Blaine Kern Sr., 'Mr. Mardi Gras' impresario of a New Orleans float-building empire, has died

Blaine Kern Sr., the flamboyant New Orleans float builder and visionary who, as "Mr. Mardi Gras," propelled the modernization and expansion of Carnival, died Thursday, according to his wife. He was 93.

Kern ushered in the era of the superkrewes and pioneered such parade razzle-dazzle as giant props, double-decker and multi-unit floats, splashy lighting and on-board animatronics.

Kern Studios, which he founded, crafts more than a dozen prominent parades, including Endymion, Muses, Bacchus, Orpheus, Iris, Zulu, Hermes and Tucks. For nearly 70 years, through 2019, the company also created the Rex Organization’s floats.

"It would not be an exaggeration to declare Blaine Kern as one of the most significant individuals in the entire history of the celebration of Mardi Gras,” said Arthur Hardy, publisher of the definitive “Mardi Gras Guide.”

Likening Kern to legendary showman P.T. Barnum, Hardy said, “Everyone credits him, correctly, with the concept of superkrewes. But just as important was his creation of rental floats that allowed less affluent citizens to participate in Carnival by forming their own krewes. By making parades more affordable, he really opened Mardi Gras up."

What Popeyes kingpin Al Copeland was to chicken, Kern was to Carnival: a brash, shameless character who came from nothing, launched an unconventional Big Easy empire, and lived unapologetically large and loud as a result.

“Mardi Gras time was Blaine Kern time,” said Clarence Becknell Sr., historian emeritus of the Zulu Social Aid & Pleasure Club. “You can’t mention ‘New Orleans’ without saying ‘Blaine Kern.’ He put your parade together.”

Kern grew up poor on Algiers Point. His father, Roy Kern, was a sign painter who preferred fishing and drinking. As a young boy, Blaine watched his dad fashion a primitive float atop a garbage wagon in 1932 for the West Bank's inaugural Krewe of Alla parade.

When the family could no longer afford monthly rent of $15, Blaine, his mother and his three sisters moved in with the Skeffington sisters, a trio of elderly retired teachers.

"My dad was literally raised by seven women," said Barry Kern, the president and CEO of Kern Studios and Mardi Gras World. "They treated him like he was the baby Jesus, like he could do no wrong."

The Skeffington home's extensive library exposed Blaine to the fantastical fiction of Jules Verne, H.G. Wells and Arthur Conan Doyle. "The Skeffington sisters encouraged my dad to read," Barry said. "His great imagination was fueled by reading all those incredible books."
After graduating from Martin Behrman High School, Blaine spent a year at the New Orleans Academy of Art. Drafted into the Army in 1945, he shipped out to Korea at the end of World War II. Exploring both Korea and China sparked his lifelong love of adventure travel.

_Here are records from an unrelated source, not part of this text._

impl<N: Net, P: Picker, L: Listener> HookedDesk<N, P, L> {
    /// The desk of [`Desk::new`], with these listeners, which heard what its first entries tell. Where memory is wanting net, picker
    /// and listeners come back as they were.
    pub fn new(
        alloc: Global,
        net: N,
        settings: Settings,
        commands: Rows<Command>,
        picker: P,
        hooks: HooksOf<L>,
        moment: u64,
    ) -> Result<HookedDesk<N, P, L>, Refused<N, P, L>>
        requires fresh { N.tells → N.history net ≡ [] }
        requires few { length commands ≤ 16777216 }
        requires levels { AreShallow commands }
        ensures client { IfOk result (λ d.
            d.desk.trail.client ≡ record { settings = settings; commands = commands; began = min moment (2 ^ 62) }) }
        ensures now { IfOk result (λ d. d.desk.last ≡ min moment (2 ^ 62)) }
        ensures quiet { IfOk result (λ d. AreQuiet (min moment (2 ^ 62)) d.desk.trail.steps) }
        ensures names { IfOk result (λ d. TellsNone (told_in d.desk.trail)) }
        ensures runs { IfOk result (λ d. d.desk.is_stopped ≡ false) }
        ensures net { IfOk result (λ d. d.desk.net ≡ net) }
        ensures picker { IfOk result (λ d. d.desk.picker ≡ picker) }
        ensures heard { IfOk result (λ d. AreTold L.heard L.leaves (told (facts_of d.desk.trail.lists d.desk.trail.steps)) hooks d.hooks) }
        ensures returned { IfErr result (λ r. (r.net ≡ net) × (r.picker ≡ picker) × (r.hooks ≡ hooks)) }
    {
        match Desk::new(alloc, net, settings, commands, picker, moment) {
            Ok(desk) => Ok(opened(desk, hooks)),
            Err(returned) => Err(Refused {
                net: returned.net,
                picker: returned.picker,
                hooks,
            }),
        }
    }

    /// The listeners that are still there, and how many left.
    pub fn hooks(&self) -> &HooksOf<L>
        ensures value { result.now ≡ self.now.hooks }
    {
        &self.hooks
    }

    /// Whether it stopped for want of memory.
    pub fn is_stopped(&self) -> bool
        ensures { result ≡ self.now.desk.is_stopped }
    {
        self.desk.is_stopped()
    }

    /// All that it did so far, as [`Desk::steps`].
    pub fn steps(&self) -> &[Step]
        ensures value { result.now ≡ self.now.desk.trail.steps }
        ensures wired { N.tells → IsWired self.now.desk.trail.client (N.history self.now.desk.net)
            (facts_of self.now.desk.trail.lists self.now.desk.trail.steps) }
        ensures counted { IsCounted (N.faults self.now.desk.net) self.now.desk.trail.steps }
        ensures legal { IsLegal self.now.desk.trail.client self.now.desk.trail.lists self.now.desk.trail.steps }
        ensures complete { self.now.desk.is_stopped ≡ false
            → IsComplete self.now.desk.trail.client self.now.desk.trail.lists self.now.desk.trail.steps }
        ensures point { self.now.desk.trail.point
            ≡ point_behind self.now.desk.trail.client (facts_of self.now.desk.trail.lists self.now.desk.trail.steps) }
    {
        self.desk.steps()
    }

    /// The commands that it was given.
    pub fn commands(&self) -> &[Command]
        ensures value { result.now ≡ self.now.desk.trail.client.commands }
    {
        self.desk.commands()
    }

    /// The names of the hosts, by their numbers.
    pub fn names(&self) -> &[Host]
        ensures value { result.now ≡ self.now.desk.trail.lists.names }
    {
        self.desk.names()
    }

    /// The events that were offered to the topology, in order.
    pub fn events(&self) -> &[TopoEvent]
        ensures value { result.now ≡ self.now.desk.trail.lists.events }
    {
        self.desk.events()
    }

    /// The requests that were queued, in order.
    pub fn requests(&self) -> &[Request]
        ensures value { result.now ≡ self.now.desk.trail.lists.requests }
    {
        self.desk.requests()
    }

    /// Moves one command, as [`Desk::step_op`], and tells what that appended.
    ///
    /// # Errors
    ///
    /// [`Memory`] where memory is wanting, after which the desk is stopped; what was appended until then is told.
    pub fn step_op(
        &mut self,
        alloc: Global,
        op: u32,
        moment: u64,
        words: Words,
    ) -> Result<Sight, Memory>
        requires runs { self.old.desk.is_stopped ≡ false }
        requires there { AtCommand self.old.desk.trail.point.state op (λ c. c.is_finished ≡ false) }
        ensures now { self.new.desk.last ≡ now_of self.old.desk.last moment }
        ensures sight { IfOk result (MeansStep (now_of self.old.desk.last moment) op words self.old.desk.trail self.new.desk.trail) }
        ensures appends { Appends (Rose (N.faults self.old.desk.net) (N.faults self.new.desk.net)) (now_of self.old.desk.last moment)
            self.old.desk.trail self.new.desk.trail }
        ensures names { TellsOf op words self.old.desk.trail self.new.desk.trail }
        ensures asks { OnOk result (AsksPicker P.allows P.follows (now_of self.old.desk.last moment) op self.old.desk.trail self.new.desk.trail
            self.old.desk.picker self.new.desk.picker) }
        ensures ok { OnOk result (self.new.desk.is_stopped ≡ false) }
        ensures err { OnErr result (self.new.desk.is_stopped ≡ true) }
        ensures faults { N.faults self.old.desk.net ≤ N.faults self.new.desk.net }
        ensures heard { HearMore L.heard L.leaves (facts_of self.old.desk.trail.lists self.old.desk.trail.steps)
            (facts_of self.new.desk.trail.lists self.new.desk.trail.steps) self.old.hooks self.new.hooks }
    {
        a_legal_trail_is_legal_by_longer_lists();
        let behind = self.desk.steps().len();
        let sight = self.desk.step_op(alloc, op, moment, words);
        tell_desk(&mut self.hooks, &self.desk, behind);
        sight
    }

    /// The command of the lane that comes next: the first of it that is not answered; None exactly where all are.
    pub fn next_of(&self, lane: u32) -> Option<u32>
        requires runs { self.now.desk.is_stopped ≡ false }
        ensures next { IsNextIn self.now.desk.trail.client self.now.desk.trail.point.state lane result }
    {
        self.desk.next_of(lane)
    }

    /// The same, where each command of the lane ahead of a place is answered, as [`Desk::next_from`].
    pub fn next_from(&self, lane: u32, from: u32) -> Option<u32>
        requires runs { self.now.desk.is_stopped ≡ false }
        requires ahead { AreAnsweredAhead self.now.desk.trail.client self.now.desk.trail.point.state lane from }
        ensures next { IsNextIn self.now.desk.trail.client self.now.desk.trail.point.state lane result }
    {
        self.desk.next_from(lane, from)
    }

    /// Begins, drives or ends the check of one server, as [`Desk::step_check`], and tells what that appended.
    ///
    /// # Errors
    ///
    /// [`Memory`] where memory is wanting, after which the desk is stopped; what was appended until then is told.
    pub fn step_check(&mut self, alloc: Global, host: u32, moment: u64) -> Result<Sight, Memory>
        requires runs { self.old.desk.is_stopped ≡ false }
        ensures now { self.new.desk.last ≡ now_of self.old.desk.last moment }
        ensures sight { IfOk result (MeansCheck self.new.desk.trail.client self.new.desk.trail.point.state
            (now_of self.old.desk.last moment) host) }
        ensures appends { Appends (Rose (N.faults self.old.desk.net) (N.faults self.new.desk.net)) (now_of self.old.desk.last moment)
            self.old.desk.trail self.new.desk.trail }
        ensures names { TellsAside self.old.desk.trail self.new.desk.trail }
        ensures picker { self.new.desk.picker ≡ self.old.desk.picker }
        ensures ok { OnOk result (self.new.desk.is_stopped ≡ false) }
        ensures err { OnErr result (self.new.desk.is_stopped ≡ true) }
        ensures faults { N.faults self.old.desk.net ≤ N.faults self.new.desk.net }
        ensures heard { HearMore L.heard L.leaves (facts_of self.old.desk.trail.lists self.old.desk.trail.steps)
            (facts_of self.new.desk.trail.lists self.new.desk.trail.steps) self.old.hooks self.new.hooks }
    {
        a_legal_trail_is_legal_by_longer_lists();
        let behind = self.desk.steps().len();
        let sight = self.desk.step_check(alloc, host, moment);
        tell_desk(&mut self.hooks, &self.desk, behind);
        sight
    }

    /// The server whose check is due or running and earliest, of those the least number, as [`Desk::next_due`]; None exactly where
    /// the topology has no server.
    pub fn next_due(&self) -> Option<Due>
        requires runs { self.now.desk.is_stopped ≡ false }
        ensures next { IsNext self.now.desk.trail.point.state self.now.desk.last result }
    {
        self.desk.next_due()
    }

    /// Ends it, as [`Desk::finish`], and tells what that appended.
    pub fn finish(self, alloc: Global, moment: u64) -> Ended<N, P, L>
        ensures wired { N.tells → IsWired self.desk.trail.client (N.history result.finished.net)
            (facts_of (lists_of result.finished.trail) result.finished.trail.steps) }
        ensures counted { IsCounted (N.faults result.finished.net) result.finished.trail.steps }
        ensures once { N.tells → EachTakesEffectOnce self.desk.trail.client
            (facts_of (lists_of result.finished.trail) result.finished.trail.steps) (N.history result.finished.net) }
        ensures legal { IsLegal self.desk.trail.client (lists_of result.finished.trail) result.finished.trail.steps }
        ensures complete { self.desk.is_stopped ≡ false
            → IsComplete self.desk.trail.client (lists_of result.finished.trail) result.finished.trail.steps }
        ensures shut { self.desk.is_stopped ≡ false
            → ArePoolsShut (point_behind self.desk.trail.client
            (facts_of (lists_of result.finished.trail) result.finished.trail.steps)).state }
        ensures appends { (new : Recorded) × Appends ⊥ (now_of self.desk.last moment) self.desk.trail new
            × (lists_of result.finished.trail ≡ new.lists) × (result.finished.trail.steps ≡ new.steps) }
        ensures names { Tells NamesNone (facts_of self.desk.trail.lists self.desk.trail.steps)
            (facts_of (lists_of result.finished.trail) result.finished.trail.steps) }
        ensures settings { result.finished.settings ≡ self.desk.trail.client.settings }
        ensures commands { result.finished.commands ≡ self.desk.trail.client.commands }
        ensures picker { result.finished.picker ≡ self.desk.picker }
        ensures stopped { result.finished.stopped ≡ self.desk.is_stopped }
        ensures faults { N.faults self.desk.net ≤ N.faults result.finished.net }
        ensures heard { HearMore L.heard L.leaves (facts_of self.desk.trail.lists self.desk.trail.steps)
            (facts_of (lists_of result.finished.trail) result.finished.trail.steps) self.hooks result.hooks }
    {
        a_legal_trail_is_legal_by_longer_lists();
        let HookedDesk { desk, mut hooks } = self;
        let behind = desk.steps().len();
        let finished = desk.finish(alloc, moment);
        tell_trail(&mut hooks, &finished.trail, behind);
        Ended { finished, hooks }
    }
}
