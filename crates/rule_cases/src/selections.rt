//! Steps about `read_pref` and `server_pick`, the selections of servers: those of [`steps`], and the facts of [`facts`].
mod criteria;
mod facts;
mod loads;
mod picker;
mod replies;
mod state;
mod steps;
mod values;

pub use state::State;
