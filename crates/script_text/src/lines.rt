//! The lines of a text of bytes.

ghost use Rattle.std.specs.Prelude.{◌≡◌, ◌<◌, ◌+◌, ◌^◌, [], ◌∷◌, length, IfSome, option_map, Some, None, position, ◌==◌};
ghost use Rattle.script_text.specs.Lines.{lines_of, lines_behind, without_cr, line_behind};

/// The first line of a text, and what stands behind its LF, where it has one.
pub fn first_line(text: &[u8]) -> (&[u8], Option<&[u8]>)
    ensures lines { lines_of text.now ≡ result.0.now ∷ lines_behind (option_map (λ r. r.now) result.1) }
    ensures shorter { IfSome result.1 (λ r. length r.now < length text.now) }
{
    match first_feed(text) {
        Some(at) => (without_return(&text[..at]), Some(&text[at + 1..])),
        None => (text, None),
    }
}

/// Where the first LF stands.
fn first_feed(text: &[u8]) -> Option<usize>
    ensures place { result ≡ position (λ b. b == 10) text.now }
    ensures within { IfSome result (λ i. i < length text.now) }
{
    text.iter().position(|b| *b == b'\n')
}

/// The line without the CR at its end.
fn without_return(line: &[u8]) -> &[u8]
    ensures { result.now ≡ without_cr line.now }
{
    if line.is_empty() || line[line.len() - 1] != b'\r' {
        return line;
    }
    &line[..line.len() - 1]
}

/// The number of the line, from 1, on which the byte behind these stands.
pub fn line_of_end(front: &[u8]) -> u32
    requires { length front.now < 2 ^ 31 }
    ensures { result ≡ line_behind front.now }
{
    front.iter().filter(|b| **b == b'\n').count() as u32 + 1
}
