ghost use Rattle.std.specs.Prelude.{◌≡◌};
ghost use Rattle.soak_plan.specs.Draws.{drawn, given};

use std::marker::Model;

/// What a state is multiplied by for the next one.
const FACTOR: u64 = 6_364_136_223_846_793_005;

/// What is added to it then.
const STEP: u64 = 1_442_695_040_888_963_407;

/// A generator of numbers: a state of 64 bits, from which each draw makes the next one (linear congruential).
#[derive(Debug, Drop)]
pub struct Draws {
    state: u64,
}

impl Model for Draws {
    ghost use Rattle.std.specs.Prelude.{ℕ};

    ghost Value = { ℕ };

    ghost view = { λ d. d.state };
}

impl Draws {
    /// The generator whose state is the seed.
    pub fn new(seed: u64) -> Draws
        ensures { result ≡ seed }
    {
        Draws { state: seed }
    }

    /// The next state, all its 64 bits. Its lower bits repeat soon: the lowest one alternates.
    pub fn word(&mut self) -> u64
        ensures word { result ≡ drawn self.old }
        ensures state { self.new ≡ drawn self.old }
    {
        self.state = self.state.wrapping_mul(FACTOR).wrapping_add(STEP);
        self.state
    }

    /// The upper 31 bits of the next state.
    pub fn draw(&mut self) -> u64
        ensures number { result ≡ given self.old }
        ensures state { self.new ≡ drawn self.old }
    {
        self.word() >> 33
    }
}
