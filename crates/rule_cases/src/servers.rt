//! Hosts, kinds of servers, and the topologies that steps start.
use case_files::{CaseFault, Words};
use hello_reply::ServerKind;
use host_name::{Host, HostFault};
use std::alloc::Global;
use topo_rules::Topology;

/// The host of a name.
pub fn host(alloc: Global, text: &str) -> Result<Host, CaseFault> {
    match Host::parse(alloc, text) {
        Ok(host) => Ok(host),
        Err(HostFault::Memory) => Err(CaseFault::Memory),
        Err(_) => Err(CaseFault::form(alloc, text)),
    }
}

/// The kind of a server by its name.
pub fn server_kind(alloc: Global, text: &str) -> Result<ServerKind, CaseFault> {
    match kind_named(text) {
        Some(kind) => Ok(kind),
        None => Err(CaseFault::form(alloc, text)),
    }
}

fn kind_named(text: &str) -> Option<ServerKind> {
    match text {
        "Unknown" => Some(ServerKind::Unknown),
        "Standalone" => Some(ServerKind::Standalone),
        "Mongos" => Some(ServerKind::Mongos),
        "Primary" => Some(ServerKind::Primary),
        "Secondary" => Some(ServerKind::Secondary),
        "Arbiter" => Some(ServerKind::Arbiter),
        "Other" => Some(ServerKind::Other),
        "Ghost" => Some(ServerKind::Ghost),
        _ => None,
    }
}

/// The topology that the words `HOST.. [set=NAME] [direct]` start.
pub fn started(alloc: Global, words: &mut Words<'_>) -> Result<Topology, CaseFault> {
    let direct = words.flag("direct");
    let set_name = words.value("set");
    let hosts = hosts_of(alloc, words)?;
    start(alloc, hosts.as_slice(), set_name, direct)
}

/// The hosts that the words left name.
fn hosts_of(alloc: Global, words: &mut Words<'_>) -> Result<Vec<Host>, CaseFault> {
    let mut hosts = Vec::new(alloc);
    for name in words.rest(alloc) {
        if name == "direct" || name.contains('=') {
            return Err(CaseFault::word(alloc, name));
        }
        hosts.push(host(alloc, name)?)?;
    }
    Ok(hosts)
}

fn start(
    alloc: Global,
    hosts: &[Host],
    set_name: Option<&str>,
    direct: bool,
) -> Result<Topology, CaseFault> {
    if !Topology::may_start(alloc, hosts, direct)? {
        return Err(CaseFault::Refused("no hosts to start with"));
    }
    Ok(Topology::start(alloc, hosts, set_name, direct)?)
}

/// The topology that stands before any is started: of one host.
pub fn placeholder(alloc: Global) -> Result<Topology, CaseFault> {
    start(alloc, &[host(alloc, "none")?], None, false)
}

Back in Algiers after two years abroad, he painted a mural depicting the history of medicine as payment for medical services for his mother. Dr. Henry LaRocca, the captain of the Krewe of Alla, was so impressed that he invited Kern, then 19, to decorate Alla’s floats.

Recognizing a potentially lucrative business, Kern founded Blaine Kern Artists Inc. in 1947. The Krewe of Choctaw hired him the year after his Alla debut. In 1951, he added the Rex organization to his list of clients.

He became Alla’s captain in 1957, a position he held for five decades. For the 1960 Alla ball, he created a 19-foot movable King Kong, a forerunner of the various Kong floats he’d later build for Bacchus. 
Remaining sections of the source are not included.